La mise en oeuvre continue des plans de colonisation du Premier ministre Ariel Sharon, aidé par sa loyale armée de colons, n’est pas un information, même pas quand l’un des leaders de ces colons, le maire de Kiryat Arba, Tsvi Katsover, met à jour la vision géographique/démographique/militaire qui se cache sous la détermination et l’obstination qui l’animent, lui et ses camarades.

« Quand la grande guerre commencera, et que les Arabes s’enfuiront d’ici, tôt ou tard, nous retournerons dans les maisons », a-t-il dit le 27 novembre au journaliste Benny Liss (première chaîne de télévision). C’est une phrase courte, mais qui en dit beaucoup. On peut en déduire plusieurs choses. La « grande guerre », apparemment comparée à la « petite guerre » que nous connaissons ces dernières années, est sans doute une guerre régionale, ou peut-être une guerre qui sera décrite comme une lutte entre la lumière et les ténèbres. L’islam contre le judaïsme et le christianisme, ou « entre civilisations », l’Islam des Ténèbres contre l’Occident des Lumières. C’est un événement qui surviendra, sans aucun doute, et il n’y a aucune raison d’empêcher qu’il survienne. En fait, peut-etre vaudrait-il mieux qu’il survienne. En fait, il faudrait plutôt l’encourager, si ce qui en découle est positif, bien sûr, parce que « les Arabes s’enfuiront ».

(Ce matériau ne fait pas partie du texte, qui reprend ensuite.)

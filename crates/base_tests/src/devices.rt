//! Tests of stores and sinks in memory, and of slow stores and sinks, which transfer only a few bytes in each call.
use base_io::{
    Failed, MemSink, MemStore, Name, NullSink, ReadError, Seq, Sink, Store, StoreError, read_file,
    write_all,
};
use slow_devices::{SlowSink, SlowStore};
use std::alloc::Global;
use std::test::Fail;

// A store of one file. The calls are counted from 1, and call number `failing` fails. If `failing` is 0, no call fails.
fn store_of(alloc: Global, failing: u64) -> Result<MemStore, Fail> {
    let bytes = Vec::from_slice(alloc, b"X\r\n")?;
    let mut files = Seq::new(alloc);
    files.push((Name::from_str(alloc, "r.csv")?, Seq::from_vec(bytes)))?;
    Ok(MemStore::new(files, Seq::one(alloc, failing)?))
}

#[test]
fn a_missing_file_is_counted(rt: HostRuntime) -> Result<(), Fail> {
    let mut store = store_of(rt.alloc(), 2)?;
    let missing = read_file(Seq::new(rt.alloc()), &mut store, "s.csv", 100);
    assert!(rt; matches!(missing, Err(ReadError::Missing)));
    assert_eq!(rt; (store.calls, store.faults, store.misses), (1, 0, 1));
    let mut block = [0_u8; 4];
    assert_eq!(rt;
        store.read_at("r.csv", 0, &mut block),
        Err(StoreError::Failed)
    );
    assert_eq!(rt; (store.calls, store.faults, store.misses), (2, 1, 1));
    assert_eq!(rt; store.read_at("r.csv", 1, &mut block), Ok(2));
    assert_eq!(rt; block, [13, 10, 0, 0]);
    Ok(())
}

// Reads the whole file, at most `most` bytes in each call. Returns its length and the number of calls.
fn read_slowly(alloc: Global, most: u32) -> Result<(usize, u64), Fail> {
    let inner = store_of(alloc, 0)?;
    let mut store = SlowStore { inner, most };
    let read = read_file(Seq::new(alloc), &mut store, "r.csv", 100)?;
    Ok((read.len(), store.inner.calls))
}

// A limit of 0 bytes counts as a limit of 1.
#[test]
fn files_are_read_byte_by_byte(rt: HostRuntime) -> Result<(), Fail> {
    for most in [1, 0] {
        assert_eq!(rt; read_slowly(rt.alloc(), most)?, (3, 4));
    }
    Ok(())
}

// Writes ten bytes to a sink with this room, at most `most` bytes in each call. Call number `failing` fails. Returns whether all bytes were written,
// and how many bytes the sink took.
fn write_ten_bytes(
    alloc: Global,
    room: u64,
    failing: u64,
    most: u32,
) -> Result<(bool, usize), Fail> {
    let inner = MemSink::new(alloc, room, Seq::one(alloc, failing)?)?;
    let mut sink = SlowSink { inner, most };
    let all = write_all(&mut sink, b"X\r\n1\r\n1\r\n2").is_ok();
    Ok((all, sink.inner.written().len()))
}

#[test]
fn a_sink_takes_what_fits(rt: HostRuntime) -> Result<(), Fail> {
    for (room, failing, most, answer) in [
        (5, 0, 100, (false, 5)),
        (100, 2, 3, (false, 3)),
        (100, 0, 1, (true, 10)),
    ] {
        assert_eq!(rt; write_ten_bytes(rt.alloc(), room, failing, most)?, answer);
    }
    Ok(())
}

#[test]
fn parts_are_written_in_order(rt: HostRuntime) -> Result<(), Fail> {
    let mut sink = MemSink::new(rt.alloc(), 100, Seq::one(rt.alloc(), 2)?)?;
    let (scan, rows): (&[u8], &[u8]) = (b"scan ", b"R 6\n");
    assert_eq!(rt; sink.write(scan), Ok(5));
    assert_eq!(rt; sink.write(rows), Err(Failed));
    for part in [rows, scan] {
        assert_eq!(rt; write_all(&mut sink, part), Ok(()));
    }
    assert_eq!(rt; sink.written(), b"scan R 6\nscan ".as_slice());
    assert_eq!(rt; write_all(&mut NullSink, scan), Ok(()));
    Ok(())
}
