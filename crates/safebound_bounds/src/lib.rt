//! The bounds of all sets of entries, from what a planner hands in: row bounds, equalities, and lists of columns as runs.
//!
//! A call writes 2^n bounds of 64 bits into the caller's buffer, or returns the bound of one set. The bound 2^64 - 1 means 2^64 - 1 or more.
//! If a call is refused, the buffer is unchanged. No call has a precondition: each call tests its arguments.
//!
//! A list may count fewer rows than its entry's row bound. The other rows then have no value in that column (NULL) and match nothing. So they
//! aren't counted in a set in which an equality names the column. A list that counts more rows than the row bound is cut.
//!
//! In contracts `known_in` has the row bounds and lists in a set, and `all_bounds` and `bound_in` are the results. `IsBoundsCause`,
//! `IsWithinCause` and `IsSetCause` define the causes of refusals. `work_of` is the number that is compared with the limit of work. `ValuesFit`
//! says to which tables the bounds apply.
#![tactic(auto)]

mod arguments;
mod bounding;
mod checking;
mod in_sets;
mod laws;
mod listing;
mod work;

pub use arguments::{ColumnList, Equality, NO_VALUES};
pub use bounding::{bounds, bounds_within, set_bound};
pub use laws::rows_without_values_join_with_nothing;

Il est difficile de croire que Katsover ne parle « que » des Palestiniens de Hebron. La « grande guerre », après tout, ne touchera pas seulement la vieille cité des patriarches. Selon cette logique, ce n’est pas seulement à Hebron, mais dans tout le pays que des étrangers (c’est-à-dire des non-Juifs) sont en possession de terres juives. Cette logique catastrophique se superpose très exactement aux croyances religieuses/nationalistes qui guident les colons pionniers depuis 35 ans, une foi en une promesse divine concernant la terre d’Israël au peuple d’Israël. Il s’agit d’une combinaison entre une foi en une intervention divine inévitable au service du peuple juif, ayant pour base une interprétation religieuse fondamentaliste, et une croyance que c’est du devoir des individus d’agir pour hâter l’arrivée du happy end.

Cette logique catastrophique ne guide pas seulement les fondamentalistes juifs. La même logique religieuse/déterministe remplit, encore et encore, les réservoirs de kamikazes palestiniens, ceux qui préparent les bombes et lancent les cocktails Molotov vers les tanks qui roulent dans les villes palestiniennes, des gens dont les chances de se faire tuer sont bien supérieures à celles d’entamer le blindage des tanks.

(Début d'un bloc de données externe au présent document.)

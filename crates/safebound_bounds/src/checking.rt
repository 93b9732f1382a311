//! Finds the first invalid value that a caller handed in. No function here allocates memory.
ghost use Rattle.std.specs.Prelude.{◌≡◌, ◌<◌, ◌↔◌, ℕ, find, length, IsTrue, MatchOption};
ghost use Rattle.std.specs.List.{list_any};
ghost use Rattle.safebound_lists.specs.First.{IsFirstWrong};
ghost use Rattle.safebound_bounds.specs.Arguments.{ColumnsHaveLists, AreRunsValidAt, RunsExist, IsEqualityValid, IsListValid, IsListValidAt, IsRowBoundValidAt, IsWrongRun, equality_at, is_list_of_column, list_at, runs_of};

use crate::arguments::{ColumnList, Equality, NO_VALUES};
use berge_tree::Place;
use limits::GREATEST_ROWS;
use safebound_lists::{Run, first_invalid_run};

pub(crate) fn first_invalid_row_bound(rows: &[u64]) -> Option<usize>
    ensures { MatchOption result ((i : ℕ) → i < length rows.now → IsRowBoundValidAt rows.now i)
        (IsFirstWrong (IsRowBoundValidAt rows.now) (length rows.now)) }
{
    for (place, most) in rows.iter().enumerate() {
        if *most > GREATEST_ROWS {
            return Some(place);
        }
    }
    None
}

fn is_equality_valid(entries: usize, equality: Equality) -> bool
    ensures { IsTrue result ↔ IsEqualityValid entries equality }
{
    (equality.left_entry as usize) < entries
        && (equality.right_entry as usize) < entries
        && equality.left_entry != equality.right_entry
}

pub(crate) fn first_invalid_equality(entries: usize, equalities: &[Equality]) -> Option<usize>
    ensures { MatchOption result ((i : ℕ) → i < length equalities.now → IsEqualityValid entries (equality_at equalities.now i))
        (IsFirstWrong (λ i. IsEqualityValid entries (equality_at equalities.now i)) (length equalities.now)) }
{
    for (place, equality) in equalities.iter().enumerate() {
        if !is_equality_valid(entries, *equality) {
            return Some(place);
        }
    }
    None
}

// Whether `lists` has a list of the column.
fn is_listed(lists: &[ColumnList], entry: u32, column: u32) -> bool
    ensures { result ≡ list_any (is_list_of_column entry column) lists.now }
{
    lists
        .iter()
        .any(|list| list.entry == entry && list.column == column)
}

fn runs_exist(runs: usize, list: ColumnList) -> bool
    ensures { IsTrue result ↔ RunsExist runs list }
{
    if list.length == 0 {
        return list.first == NO_VALUES;
    }
    list.first <= runs as u64 && list.length <= runs as u64 - list.first
}

fn is_list_valid(entries: usize, runs: usize, before: &[ColumnList], list: ColumnList) -> bool
    ensures { IsTrue result ↔ IsListValid entries runs before.now list }
{
    if list.entry as usize >= entries || !runs_exist(runs, list) {
        return false;
    }
    !is_listed(before, list.entry, list.column)
}

pub(crate) fn first_invalid_list(entries: usize, runs: usize, lists: &[ColumnList]) -> Option<usize>
    ensures { MatchOption result ((i : ℕ) → i < length lists.now → IsListValidAt entries runs lists.now i)
        (IsFirstWrong (IsListValidAt entries runs lists.now) (length lists.now)) }
{
    for (place, list) in lists.iter().enumerate() {
        if !is_list_valid(entries, runs, &lists[..place], *list) {
            return Some(place);
        }
    }
    None
}

fn is_list_of_column(list: ColumnList, place: Place) -> bool
    ensures { result ≡ is_list_of_column place.entry place.column list }
{
    list.entry == u32::from(place.entry) && list.column == place.column
}

/// The list of a column, if there is one.
pub(crate) fn list_of_column(lists: &[ColumnList], place: Place) -> Option<ColumnList>
    ensures { result ≡ find (is_list_of_column place.entry place.column) lists.now }
{
    for list in lists {
        if is_list_of_column(*list, place) {
            return Some(*list);
        }
    }
    None
}

/// The runs of a list. If no row has a value in the column, there are no runs.
pub(crate) fn own_runs<'a>(runs: &'a [Run], list: ColumnList) -> &'a [Run]
    requires { RunsExist (length runs.now) list }
    ensures { result.now ≡ runs_of runs.now list }
{
    if list.length == 0 {
        return &runs[..0];
    }
    &runs[list.first as usize..(list.first + list.length) as usize]
}

pub(crate) fn first_invalid_run_of_lists(lists: &[ColumnList], runs: &[Run]) -> Option<u64>
    requires { (i : ℕ) → i < length lists.now → RunsExist (length runs.now) (list_at lists.now i) }
    ensures { MatchOption result ((i : ℕ) → i < length lists.now → AreRunsValidAt lists.now runs.now i) (IsWrongRun lists.now runs.now) }
{
    for list in lists {
        let own = own_runs(runs, *list);
        if let Some(place) = first_invalid_run(own) {
            return Some(list.first + place as u64);
        }
    }
    None
}

fn have_lists(lists: &[ColumnList], equality: Equality) -> bool
    ensures { IsTrue result ↔ ColumnsHaveLists lists.now equality }
{
    is_listed(lists, equality.left_entry, equality.left_column)
        && is_listed(lists, equality.right_entry, equality.right_column)
}

pub(crate) fn first_missing(lists: &[ColumnList], equalities: &[Equality]) -> Option<usize>
    ensures { MatchOption result ((i : ℕ) → i < length equalities.now → ColumnsHaveLists lists.now (equality_at equalities.now i))
        (IsFirstWrong (λ i. ColumnsHaveLists lists.now (equality_at equalities.now i)) (length equalities.now)) }
{
    for (place, equality) in equalities.iter().enumerate() {
        if !have_lists(lists, *equality) {
            return Some(place);
        }
    }
    None
}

Le désir de vengeance peut constituer la motivation de l’individu qui prend la place du Palestinien capturé, interrogé, tué ou blessé par les opérations de Tsahal. Mais les mouvements islamistes qui exploitent le phénomène ont leur propre vision mortifère.

Eux aussi croient que la terre a été donnee par une promesse divine, mais aux musulmans. Eux aussi s’appuient sur des textes. Eux aussi croient que la promesse divine s’accomplira, tôt ou tard, et que « Dieu aide ceux qui s’aident eux-mêmes », ce qui signifie qu’il ne faut pas attendre sans rien faire que le happy end survienne. Aujourd’hui, ce n’est plus seulement dans les cercles du Hamas et du Jihad islamique qu’on peut entendre des jeunes expliquer que le jour viendra où le monde musulman tout entier s’enrôlera au service de la cause de la guerre contre Israël, et que ce sera une « grande guerre », terrible et globale, mais qui finira par « libérer » la terre promise. On entend maintenant cette rhétorique religieuse chez les jeunes du Fatah, qui deviennent de plus en plus orthodoxes..

Cette logique palestinienne/islamiste catastrophiste se nourrit de la faiblesse de la société palestinienne défaite par les opérations militaires israéliennes. Et la vision juive catastrophiste se nourrit, elle, à la fois d’un sentiment de désespoir personnel face à l’échec des opérations militaires sisyphéennes à tenir la promesse d' »éradiquer le terrorisme », et d’une armée puissante qui, de plus en plus, dicte l’ordre du jour civil, alors que la limite entre foi nationaliste et foi religieuse de ses officiers les plus éminents se brouille de jour en jour.